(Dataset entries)
[Start of section]
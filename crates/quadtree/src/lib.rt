//! The adaptive quadtree of a list of points.
#![tactic(auto)]

mod build;
mod children;
mod divide;
mod fault;
mod nodes;
mod split;
mod tree;

pub use fault::TreeFault;
pub use tree::Tree;
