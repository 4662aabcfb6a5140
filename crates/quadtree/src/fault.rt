//! Why a list has no tree.

ghost use Rattle.std.specs.Prelude.{◌≡◌};

use cell_name::Cell;
use std::alloc::AllocError;
use thiserror::Error;

/// Why a list has no tree.
#[derive(Clone, Copy, PartialEq, Eq, Debug, Error)]
pub enum TreeFault {
    /// More than 4,096 points stand at one place: the first such place by column and row, and how many.
    #[error("{count} points at one place")]
    Crowded { cell: Cell, count: u64 },
    /// No place is crowded, and the tree has more cells than its grid allows.
    #[error("too many cells")]
    Cells,
    #[error("out of memory")]
    Memory,
}

impl From<AllocError> for TreeFault {
    ghost use Rattle.quadtree.specs.declared.fault.TreeFault.TheVariants.{Memory};

    ghost from_gives = { λ _ e. e ≡ Memory };

    fn from(_e: AllocError) -> TreeFault {
        TreeFault::Memory
    }
}
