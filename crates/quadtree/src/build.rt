//! Building the tree of a list of points.

ghost use Rattle.std.specs.Prelude.{◌≡◌, ◌≤◌, length, map, All, IfErr, IfNone, IfOk, IfSome, OnOk};
ghost use Rattle.exact_math.specs.Orders.{IsCapacity};
ghost use Rattle.limits.specs.Limits.{IsGrid, grid_of, most_points, most_cells};
ghost use Rattle.points.specs.Limits.{WithinLimits};
ghost use Rattle.quadtree.specs.Faults.{NoneIsCrowded, HasTree, IsFaultOf};
ghost use Rattle.quadtree.specs.Splitting.{squares_of, AreRuns, HaveParents, IsCrowdedRun, IsFirstCrowdedRun};
ghost use Rattle.quadtree.specs.Tree.{AreInGrid, AreExactly, IsTreeCell};
ghost use Rattle.quadtree.specs.TreeModel.{IsTreeOf};

use crate::children::children_of;
use crate::fault::TreeFault;
use crate::nodes::{leaves_of, nodes_of};
use crate::split::{Run, Splits};
use crate::tree::Tree;
use cell_name::Cell;
use limits::{MOST_AT_A_PLACE, grid_of, most_cells};
use points::{Point, Points};
use std::alloc::{AllocError, Global};

/// The first run of a place with too many points.
fn first_crowded(runs: &[Run]) -> Option<Run>
    requires { All (λ r. r.from ≤ r.to) runs.now }
    ensures none { IfNone result (All (λ r. IsCrowdedRun r → ⊥) runs.now) }
    ensures found { IfSome result (IsFirstCrowdedRun runs.now) }
{
    for run in runs {
        if run.cell.level == run.cell.grid && run.to - run.from > MOST_AT_A_PLACE {
            return Some(*run);
        }
    }
    None
}

/// The cells of the tree in their order, unless a place is crowded or the cells are too many.
fn accepted(alloc: Global, points: &[Point], cap: u32, grid: u8) -> Result<Splits, TreeFault>
    requires known_grid { IsGrid grid }
    requires in_grid { AreInGrid grid points.now }
    requires length { length points.now ≤ most_points grid }
    requires most { cap ≤ 1024 }
    ensures cells { IfOk result (λ s. AreExactly (IsTreeCell grid points.now cap) (squares_of s.runs.items)) }
    ensures runs { IfOk result (λ s. AreRuns points.now s.positions.items s.runs.items) }
    ensures parents { IfOk result (λ s. HaveParents (squares_of s.runs.items) s.runs.items) }
    ensures length { IfOk result (λ s. length s.runs.items ≤ most_cells grid) }
    ensures none_crowded { OnOk result (NoneIsCrowded grid points.now) }
    ensures fault { IfErr result (IsFaultOf grid points.now cap) }
{
    let splits = Splits::of(alloc, points, cap, grid)?;
    if let Some(run) = first_crowded(&splits.runs) {
        let count = (run.to - run.from) as u64;
        return Err(TreeFault::Crowded {
            cell: run.cell,
            count,
        });
    }
    if splits.runs.len() > most_cells(grid) as usize {
        return Err(TreeFault::Cells);
    }
    Ok(splits)
}

/// The cells of runs.
fn cells_of(alloc: Global, runs: &[Run]) -> Result<Vec<Cell>, AllocError>
    ensures { IfOk result (λ v. v.items ≡ map (λ r. r.cell) runs.now) }
{
    runs.iter().map(|run| run.cell).collect(alloc)
}

/// The tree of the cells and the positions that were found.
fn assembled(
    alloc: Global,
    points: &[Point],
    cap: u32,
    grid: u8,
    splits: Splits,
) -> Result<Tree, AllocError>
    requires known_grid { IsGrid grid }
    requires in_grid { AreInGrid grid points.now }
    requires few_points { length points.now ≤ most_points grid }
    requires cells { AreExactly (IsTreeCell grid points.now cap) (squares_of splits.runs.items) }
    requires few_cells { length splits.runs.items ≤ most_cells grid }
    requires runs { AreRuns points.now splits.positions.items splits.runs.items }
    requires parents { HaveParents (squares_of splits.runs.items) splits.runs.items }
    requires capacity { IsCapacity cap }
    ensures tree { IfOk result (λ tree. IsTreeOf tree points.now cap) }
    ensures grid { IfOk result (λ tree. tree.grid ≡ grid) }
{
    let Splits { positions, runs } = splits;
    let cells = cells_of(alloc, &runs)?;
    let families = children_of(alloc, &runs)?;
    let nodes = nodes_of(alloc, points, cap, &positions, &runs, &families)?;
    let leaves = leaves_of(alloc, points.len(), &nodes, &positions)?;
    Ok(Tree {
        grid,
        cells,
        nodes,
        positions,
        leaves,
    })
}

impl Tree {
    /// The tree of a list of points with a leaf capacity.
    ///
    /// The list is within the limits of its version, which tells the grid, and the capacity is 8 to 1024. Where more than
    /// 4,096 points stand at one place, `Crowded` has the first such place by column and row, as a cell of the grid's last
    /// level. Otherwise, where the tree has more cells than `limits::most_cells` of its grid, it is `Cells`.
    pub fn build(alloc: Global, points: &Points, cap: u32) -> Result<Tree, TreeFault>
        requires list { WithinLimits points.now }
        requires capacity { IsCapacity cap }

        // Every answer but `Memory` is the one that the list and the capacity determine.
        ensures grid { IfOk result (λ tree. tree.grid ≡ grid_of points.now.version) }
        ensures tree { IfOk result (λ tree. IsTreeOf tree points.now.list cap) }
        ensures has_tree { OnOk result (HasTree (grid_of points.now.version) points.now.list cap) }
        ensures fault { IfErr result (IsFaultOf (grid_of points.now.version) points.now.list cap) }
    {
        let grid = grid_of(points.version);
        let list = points.list.points();
        let splits = accepted(alloc, list, cap, grid)?;
        Ok(assembled(alloc, list, cap, grid, splits)?)
    }
}
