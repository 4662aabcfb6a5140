//! The numbers of the cells below each cell.

ghost use Rattle.std.specs.Prelude.{◌≡◌, ℕ, ◌+◌, ◌<◌, ◌≤◌, [], ◌∷◌, ◌++◌, length, All, IfOk};
ghost use Rattle.limits.specs.Limits.{widest_grid, most_cells};
ghost use Rattle.quadtree.specs.Families.{HasNumbers, children_among, AreFamiliesTo};
ghost use Rattle.quadtree.specs.Fields.{child_numbers};
ghost use Rattle.quadtree.specs.Splitting.{parents_of};

use crate::split::Run;
use std::alloc::{AllocError, Global};

/// The numbers of the cells below a cell, of which there are at most four.
#[derive(Clone, Copy)]
pub struct Children {
    pub(crate) numbers: [u32; 4],
    pub(crate) count: usize,
}

impl Children {
    /// No numbers.
    fn none() -> Children
        ensures { HasNumbers result [] }
    {
        Children {
            numbers: [0; 4],
            count: 0,
        }
    }

    /// These numbers and one more.
    fn with(mut self, n: u32) -> Children
        requires { self.count < 4 }
        ensures { HasNumbers result (child_numbers self ++ n ∷ []) }
    {
        self.numbers[self.count] = n;
        self.count += 1;
        self
    }

    /// The numbers.
    pub(crate) fn numbers(&self) -> &[u32]
        requires { self.now.count ≤ 4 }
        ensures { result.now ≡ child_numbers self.now }
    {
        &self.numbers[..self.count]
    }
}

/// The numbers of the cells below the cell of each run, ascending.
pub(crate) fn children_of(alloc: Global, runs: &[Run]) -> Result<Vec<Children>, AllocError>
    requires length { length runs.now ≤ most_cells widest_grid }
    requires parents { All (λ r. r.parent < length runs.now) runs.now }
    requires four { (n : ℕ) → length (children_among (parents_of runs.now) n (length runs.now)) ≤ 4 }
    ensures { IfOk result (λ v. AreFamiliesTo (parents_of runs.now) v.items (length runs.now)) }
{
    let mut families = vec![in alloc; Children::none(); runs.len()]?;
    for n in 1..runs.len() {
        let parent = runs[n].parent;
        families[parent] = families[parent].with(n as u32);
    }
    Ok(families)
}
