//! The answer: an arrangement, or why there is none.
use fw_base::{Listed, Name};
use thiserror::Error;

/// How the plugins run. A plugin is the place of its sheet, from 0.
#[derive(Debug, Drop)]
pub struct Arrangement {
    /// Each plugin once, in the order in which they run.
    pub order: Listed<u32>,
    /// Whether each plugin, in the order of the sheets, is enabled.
    pub enabled: Listed<bool>,
    /// The priority of each plugin, in the order of the sheets.
    pub priority: Listed<u32>,
}

/// Why plugins can't be arranged.
#[derive(Debug, Drop, Error)]
pub enum OrderFault {
    /// The first sheet that repeats the name of an earlier one has this name.
    #[error("two plugins have one name")]
    DuplicateName { name: Name },
    /// Order rules or better-than rules lead from each of these to the next, and from the last to the
    /// first, which is the least.
    #[error("plugins in a cycle")]
    Cycle { names: Listed<Name> },
    #[error("no memory")]
    NoMemory,
}

impl From<fw_base::NoMemory> for OrderFault {
    ghost use Rattle.std.specs.Prelude.{◌≡◌};
    ghost use Rattle.plugin_order.specs.declared.arrangement.OrderFault.TheVariants.{NoMemory};

    ghost from_gives = { λ _ e. e ≡ NoMemory };

    fn from(_refused: fw_base::NoMemory) -> OrderFault {
        OrderFault::NoMemory
    }
}
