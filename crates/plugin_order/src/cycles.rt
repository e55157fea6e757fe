//! A cycle is shown by names, from the least of them on.
ghost use Rattle.std.specs.Prelude.{◌≡◌, ℕ, ◌<◌, ◌++◌, Bool, true, false, length, map, drop, take, slice_index, IfOk, List};
ghost use Rattle.std.specs.Ordering.{nat_cmp, is_lt};
ghost use Rattle.std.specs.Cmp.Lexicographic.{slice_cmp};
ghost use Rattle.plugin_order.specs.Sheets.{name_at};
ghost use Rattle.plugin_order.specs.Chains.{IsCycle, IsApart};
ghost use Rattle.plugin_order.specs.Arranged.{ShowsCycle};

use crate::rules::name_at;
use crate::sheet::PluginSheet;
use fw_base::{Name, NoMemory};
use std::alloc::Global;
use std::cmp::Ordering;

/// The names of a cycle of plugins that differ. It begins with the least.
pub fn named(alloc: Global, sheets: &[PluginSheet], cycle: &[usize]) -> Result<Vec<Name>, NoMemory>
    requires some { 0 < length cycle.now }
    requires inside { (k : ℕ) → k < length cycle.now → slice_index cycle.now k < length sheets.now }
    requires apart { IsApart cycle.now }
    ensures { IfOk result (λ shown. (rule : ℕ → ℕ → Bool) → IsCycle rule cycle.now → ShowsCycle rule sheets.now shown.items) }
{
    let (before, from_least) = cycle.split_at(least_at(sheets, cycle));
    let mut shown = Vec::new(alloc);
    push_names(&mut shown, sheets, from_least)?;
    push_names(&mut shown, sheets, before)?;
    Ok(shown)
}

/// The place of the least name.
fn least_at(sheets: &[PluginSheet], cycle: &[usize]) -> usize
    requires some { 0 < length cycle.now }
    requires inside { (k : ℕ) → k < length cycle.now → slice_index cycle.now k < length sheets.now }
    ensures within { result < length cycle.now }
    ensures least { (k : ℕ) → k < length cycle.now →
        is_lt (slice_cmp nat_cmp (name_at sheets.now (slice_index cycle.now k)) (name_at sheets.now (slice_index cycle.now result))) ≡ false }
{
    let mut at = 0;
    for i in 0..cycle.len() {
        if is_less(name_at(sheets, cycle[i]), name_at(sheets, cycle[at])) {
            at = i;
        }
    }
    at
}

fn is_less(name: &Name, other: &Name) -> bool
    ensures { result ≡ is_lt (slice_cmp nat_cmp name.now other.now) }
{
    name.bytes().cmp(other.bytes()) == Ordering::Less
}

fn push_names(
    shown: &mut Vec<Name>,
    sheets: &[PluginSheet],
    plugins: &[usize],
) -> Result<(), NoMemory>
    requires { (k : ℕ) → k < length plugins.now → slice_index plugins.now k < length sheets.now }
    ensures { IfOk result (λ _. shown.new.items ≡ shown.old.items ++ map (name_at sheets.now) plugins.now) }
{
    for p in plugins {
        shown.push(*name_at(sheets, *p))?;
    }
    Ok(())
}
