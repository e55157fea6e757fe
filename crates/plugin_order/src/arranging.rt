//! Plugins are arranged.
ghost use Rattle.std.specs.Prelude.{◌≡◌, ℕ, ◌<◌, ◌≤◌, ◌↔◌, Bool, IsTrue, length, slice_index, IfOk, OnOk, IfErr, IfSome, IfNone};
ghost use Rattle.plugin_order.specs.Arranged.{IsArrangement, CanBeArranged, HasCause, HasNoCycle, HasNoRepeat, IsPlace, IsPriority, IsRepeat};
ghost use Rattle.plugin_order.specs.Sheets.{is_better, runs_before};

use crate::arrangement::{Arrangement, OrderFault};
use crate::conflicts::left_enabled;
use crate::cycles::named;
use crate::levels::{Levels, find_levels};
use crate::rules::{Kind, Rules, name_at};
use crate::seats::in_order;
use crate::sheet::PluginSheet;
use fw_base::Listed;
use std::alloc::Global;

/// Arranges at most 64 plugins: the order in which they run, which stay enabled, and the priorities.
///
/// `DuplicateName` comes exactly where two sheets have one name, and `Cycle` exactly where the names
/// differ and order rules or better-than rules form a cycle. A cycle of order rules is shown before
/// one of better-than rules.
pub fn arrange(alloc: Global, sheets: &[PluginSheet]) -> Result<Arrangement, OrderFault>
    requires { length sheets.now ≤ 64 }
    ensures arranged { IfOk result (IsArrangement sheets.now) }
    ensures accepted { OnOk result (CanBeArranged sheets.now) }
    ensures refused { IfErr result (HasCause sheets.now) }
{
    if let Some(p) = first_repeat(sheets) {
        return Err(OrderFault::DuplicateName {
            name: *name_at(sheets, p),
        });
    }
    let places = places(alloc, sheets)?;
    let priority = priorities(alloc, sheets)?;
    let order = in_order(alloc, sheets, &places)?;
    let enabled = left_enabled(alloc, sheets, &order)?;
    Ok(Arrangement {
        order: Listed::of(order),
        enabled: Listed::of(enabled),
        priority: Listed::of(priority),
    })
}

/// The place of each plugin, or a cycle of order rules.
fn places(alloc: Global, sheets: &[PluginSheet]) -> Result<Vec<u32>, OrderFault>
    requires few { length sheets.now ≤ 64 }
    requires names { HasNoRepeat sheets.now }
    ensures len { IfOk result (λ places. length places.items ≡ length sheets.now) }
    ensures each { IfOk result (λ places. (p : ℕ) → p < length sheets.now → IsPlace sheets.now p (slice_index places.items p)) }
    ensures accepted { OnOk result (HasNoCycle (runs_before sheets.now)) }
    ensures refused { IfErr result (HasCause sheets.now) }
{
    match find_levels(alloc, &Rules::of(Kind::RunsAfter, sheets))? {
        Levels::Heights(places) => Ok(places),
        Levels::Cycle(mut cycle) => {
            cycle.reverse();
            Err(OrderFault::Cycle {
                names: Listed::of(named(alloc, sheets, &cycle)?),
            })
        }
    }
}

/// The priority of each plugin, or a cycle of better-than rules.
fn priorities(alloc: Global, sheets: &[PluginSheet]) -> Result<Vec<u32>, OrderFault>
    requires few { length sheets.now ≤ 64 }
    requires names { HasNoRepeat sheets.now }
    requires order { HasNoCycle (runs_before sheets.now) }
    ensures len { IfOk result (λ priorities. length priorities.items ≡ length sheets.now) }
    ensures each { IfOk result (λ priorities. (p : ℕ) → p < length sheets.now → IsPriority sheets.now p (slice_index priorities.items p)) }
    ensures accepted { OnOk result (HasNoCycle (is_better sheets.now)) }
    ensures refused { IfErr result (HasCause sheets.now) }
{
    match find_levels(alloc, &Rules::of(Kind::IsBetter, sheets))? {
        Levels::Heights(priorities) => Ok(priorities),
        Levels::Cycle(cycle) => Err(OrderFault::Cycle {
            names: Listed::of(named(alloc, sheets, &cycle)?),
        }),
    }
}

/// The first sheet whose name an earlier one has.
fn first_repeat(sheets: &[PluginSheet]) -> Option<usize>
    ensures some { IfSome result (λ p. (p < length sheets.now) × IsRepeat sheets.now p × ((q : ℕ) → q < p → IsRepeat sheets.now q → ⊥)) }
    ensures none { IfNone result (HasNoRepeat sheets.now) }
{
    for p in 0..sheets.len() {
        if is_repeat(sheets, p) {
            return Some(p);
        }
    }
    None
}

fn is_repeat(sheets: &[PluginSheet], p: usize) -> bool
    requires { p < length sheets.now }
    ensures { IsTrue result ↔ IsRepeat sheets.now p }
{
    for q in 0..p {
        if name_at(sheets, q) == name_at(sheets, p) {
            return true;
        }
    }
    false
}
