//! The order in which plugins run, which of them are enabled, and their priorities.
//!
//! Each sheet names the plugins that it runs after and before, is better than, and conflicts with.
//! The definitions speak of longest chains of rules; the code finds them level by level, or shows a
//! cycle. The top call arranges the plugins of a site with it.
#![tactic(auto)]

pub mod arrangement;
pub mod arranging;
pub mod conflicts;
pub mod cycles;
pub mod levels;
pub mod rules;
pub mod seats;
pub mod sheet;

pub use arrangement::{Arrangement, OrderFault};
pub use arranging::arrange;
pub use sheet::PluginSheet;
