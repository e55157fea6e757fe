//! The walk of conflicts.
ghost use Rattle.std.specs.Prelude.{◌≡◌, ℕ, ◌<◌, ◌≤◌, ◌&&◌, not, false, length, slice_index_or, All, IfOk, List, []};
ghost use Rattle.plugin_order.specs.Sheets.{names, name_at, conflicts_at};
ghost use Rattle.plugin_order.specs.Arranged.{enabled, disabled, off_after, IsOff};

use crate::rules::{has_name, name_at};
use crate::sheet::PluginSheet;
use fw_base::{Listed, Name, NoMemory};
use std::alloc::Global;

/// Whether each plugin is enabled once all had their turn.
pub fn left_enabled(
    alloc: Global,
    sheets: &[PluginSheet],
    order: &[u32],
) -> Result<Vec<bool>, NoMemory>
    requires { All (λ p. p < length sheets.now) order.now }
    ensures len { IfOk result (λ on. length on.items ≡ length sheets.now) }
    ensures each { IfOk result (λ on. (p : ℕ) → p < length sheets.now → slice_index_or on.items p false ≡ enabled sheets.now order.now p) }
{
    let mut on = vec![in alloc; true; sheets.len()]?;
    take_turns(sheets, &mut on, order);
    Ok(on)
}

/// The turns of the plugins, in order.
fn take_turns(sheets: &[PluginSheet], on: &mut [bool], order: &[u32])
    requires inside { All (λ p. p < length sheets.now) order.now }
    requires len { length on.old ≡ length sheets.now }
    requires none { IsOff sheets.now [] on.old }
    ensures { IsOff sheets.now (disabled sheets.now [] order.now) on.new }
{
    for p in order {
        turn(sheets, on, *p as usize);
    }
}

/// The turn of a plugin: it turns off all that it conflicts with, unless it is off itself.
fn turn(sheets: &[PluginSheet], on: &mut [bool], p: usize)
    requires len { length on.old ≡ length sheets.now }
    requires at { p < length sheets.now }
    ensures { (off : List (List ℕ)) → IsOff sheets.now off on.old → IsOff sheets.now (off_after sheets.now off p) on.new }
{
    if is_on(on, p) {
        disable(sheets, conflicts_at(sheets, p), on);
    }
}

fn conflicts_at(sheets: &[PluginSheet], p: usize) -> &Listed<Name>
    requires { p < length sheets.now }
    ensures { result.now ≡ conflicts_at sheets.now p }
{
    &sheets[p].conflicts
}

fn is_on(on: &[bool], p: usize) -> bool
    requires { p < length on.now }
    ensures { result ≡ slice_index_or on.now p false }
{
    on[p]
}

/// Turns each plugin off that the list names.
fn disable(sheets: &[PluginSheet], list: &Listed<Name>, on: &mut [bool])
    requires { length on.old ≡ length sheets.now }
    ensures { (p : ℕ) → p < length sheets.now
        → slice_index_or on.new p false ≡ (slice_index_or on.old p false && not (names list.now (name_at sheets.now p))) }
{
    for p in 0..sheets.len() {
        if has_name(list, name_at(sheets, p)) {
            on[p] = false;
        }
    }
}
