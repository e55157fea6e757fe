//! What a plugin says of itself and of others.
ghost use Rattle.std.specs.Prelude.{◌≡◌, IfOk};

use fw_base::{Listed, Name, NoMemory};
use std::alloc::Global;

/// A plugin's name, and its rules. A rule that names a plugin which is not there says nothing.
#[derive(Debug, Drop)]
pub struct PluginSheet {
    pub name: Name,
    /// The plugins that it disables, where it is enabled at its turn.
    pub conflicts: Listed<Name>,
    /// The plugins that run before it.
    pub after: Listed<Name>,
    /// The plugins that run after it.
    pub before: Listed<Name>,
    /// The plugins that it is better than.
    pub better_than: Listed<Name>,
}

impl PluginSheet {
    /// An equal sheet.
    pub fn copy(&self, alloc: Global) -> Result<PluginSheet, NoMemory>
        ensures { IfOk result (λ copy. copy ≡ self.now) }
    {
        Ok(PluginSheet {
            name: self.name,
            conflicts: copied(alloc, &self.conflicts)?,
            after: copied(alloc, &self.after)?,
            before: copied(alloc, &self.before)?,
            better_than: copied(alloc, &self.better_than)?,
        })
    }
}

fn copied(alloc: Global, names: &Listed<Name>) -> Result<Listed<Name>, NoMemory>
    ensures { IfOk result (λ copy. copy ≡ names.now) }
{
    Ok(Listed::of(Vec::from_slice(alloc, names.items())?))
}
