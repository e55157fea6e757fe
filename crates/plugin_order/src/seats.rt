//! The order of the plugins: by place, then by name.
ghost use Rattle.std.specs.Prelude.{◌≡◌, ◌<◌, ◌≤◌, length, map, IfOk};
ghost use Rattle.plugin_order.specs.Arranged.{IsInOrder};

use crate::rules::name_at;
use crate::sheet::PluginSheet;
use fw_base::NoMemory;
use std::alloc::Global;

/// What a plugin is ordered by. The number decides between none, since names differ.
#[derive(Clone, Copy, Debug, PartialEq, Eq, PartialOrd, Ord)]
pub struct Seat<'a> {
    place: u32,
    name: &'a [u8],
    plugin: u32,
}

/// The plugins by their places, and by name where these are equal.
pub fn in_order(alloc: Global, sheets: &[PluginSheet], places: &[u32]) -> Result<Vec<u32>, NoMemory>
    requires few { length sheets.now ≤ 64 }
    requires places { length places.now ≡ length sheets.now }
    ensures { IfOk result (λ order. IsInOrder sheets.now places.now order.items) }
{
    let mut seats: Vec<Seat> = Vec::new(alloc);
    for p in 0..sheets.len() {
        seats.push(Seat {
            place: places[p],
            name: name_at(sheets, p).bytes(),
            plugin: p as u32,
        })?;
    }
    seats.sort()?;
    plugins_of(alloc, &seats)
}

fn plugins_of(alloc: Global, seats: &[Seat]) -> Result<Vec<u32>, NoMemory>
    ensures { IfOk result (λ plugins. plugins.items ≡ map (λ s. s.plugin) seats.now) }
{
    Ok(seats.iter().map(|seat| seat.plugin).collect(alloc)?)
}
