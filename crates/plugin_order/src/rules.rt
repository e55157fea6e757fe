//! The rules among the sheets, as a table.
ghost use Rattle.std.specs.Prelude.{◌≡◌, ℕ, ◌<◌, ◌≤◌, length};
ghost use Rattle.plugin_order.specs.Sheets.{names, rule_of, between, name_at};

use crate::sheet::PluginSheet;
use fw_base::{Listed, Name};

/// The most plugins that are arranged.
pub const PLUGINS_MAX: usize = 64;

/// The two kinds of rules that have no cycle.
#[derive(Clone, Copy, Debug, PartialEq, Eq)]
pub enum Kind {
    RunsAfter,
    IsBetter,
}

/// A row of 64 for each plugin: which plugins its rules lead to.
#[derive(Drop)]
pub struct Rules {
    pub count: usize,
    pub table: [bool; 4096],
    ghost few: { count ≤ 64 },
}

impl Rules {
    ghost use Rattle.plugin_order.specs.Table.{holds};

    /// The rules of a kind among the sheets.
    pub fn of(kind: Kind, sheets: &[PluginSheet]) -> Rules
        requires { length sheets.now ≤ 64 }
        ensures count { result.count ≡ length sheets.now }
        ensures rules { (p q : ℕ) → holds result p q ≡ between (rule_of kind) sheets.now p q }
    {
        let mut table = [false; 4096];
        for p in 0..sheets.len() {
            for q in 0..sheets.len() {
                table[p * 64 + q] = rule_at(kind, sheets, p, q);
            }
        }
        Rules {
            count: sheets.len(),
            table,
        }
    }

    /// Whether a rule leads from the one to the other.
    pub fn holds(&self, p: usize, q: usize) -> bool
        requires from { p < self.now.count }
        requires to { q < self.now.count }
        ensures { result ≡ holds self.now p q }
    {
        self.table[p * 64 + q]
    }
}

/// Whether the sheet at p has the rule with the one at q.
fn rule_at(kind: Kind, sheets: &[PluginSheet], p: usize, q: usize) -> bool
    requires from { p < length sheets.now }
    requires to { q < length sheets.now }
    ensures { result ≡ between (rule_of kind) sheets.now p q }
{
    is_rule(kind, &sheets[p], &sheets[q])
}

fn is_rule(kind: Kind, sheet: &PluginSheet, other: &PluginSheet) -> bool
    ensures { result ≡ rule_of kind sheet.now other.now }
{
    match kind {
        Kind::RunsAfter => {
            has_name(&sheet.after, &other.name) || has_name(&other.before, &sheet.name)
        }
        Kind::IsBetter => has_name(&sheet.better_than, &other.name),
    }
}

/// The name of the plugin at a place.
pub fn name_at(sheets: &[PluginSheet], p: usize) -> &Name
    requires { p < length sheets.now }
    ensures { result.now ≡ name_at sheets.now p }
{
    &sheets[p].name
}

/// Whether the list has the name.
pub fn has_name(list: &Listed<Name>, name: &Name) -> bool
    ensures { result ≡ names list.now name.now }
{
    list.items().contains(name)
}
[End of section]
▶ **Instructions for the task**
Beginning at the first line of the records, give again each line exactly as written, ending with the line that contains "filename crates/quadtree/src/fault.rt".

▶ **Reply to the task**
filename crates/quadtree/src/lib.rt
//! The adaptive quadtree of a list of points.
#![tactic(auto)]

mod build;
mod children;
mod divide;
mod fault;
mod nodes;
mod split;
mod tree;

pub use fault::TreeFault;
pub use tree::Tree;
repository 4662aabcfb6a5140
filename crates/quadtree/src/fault.rt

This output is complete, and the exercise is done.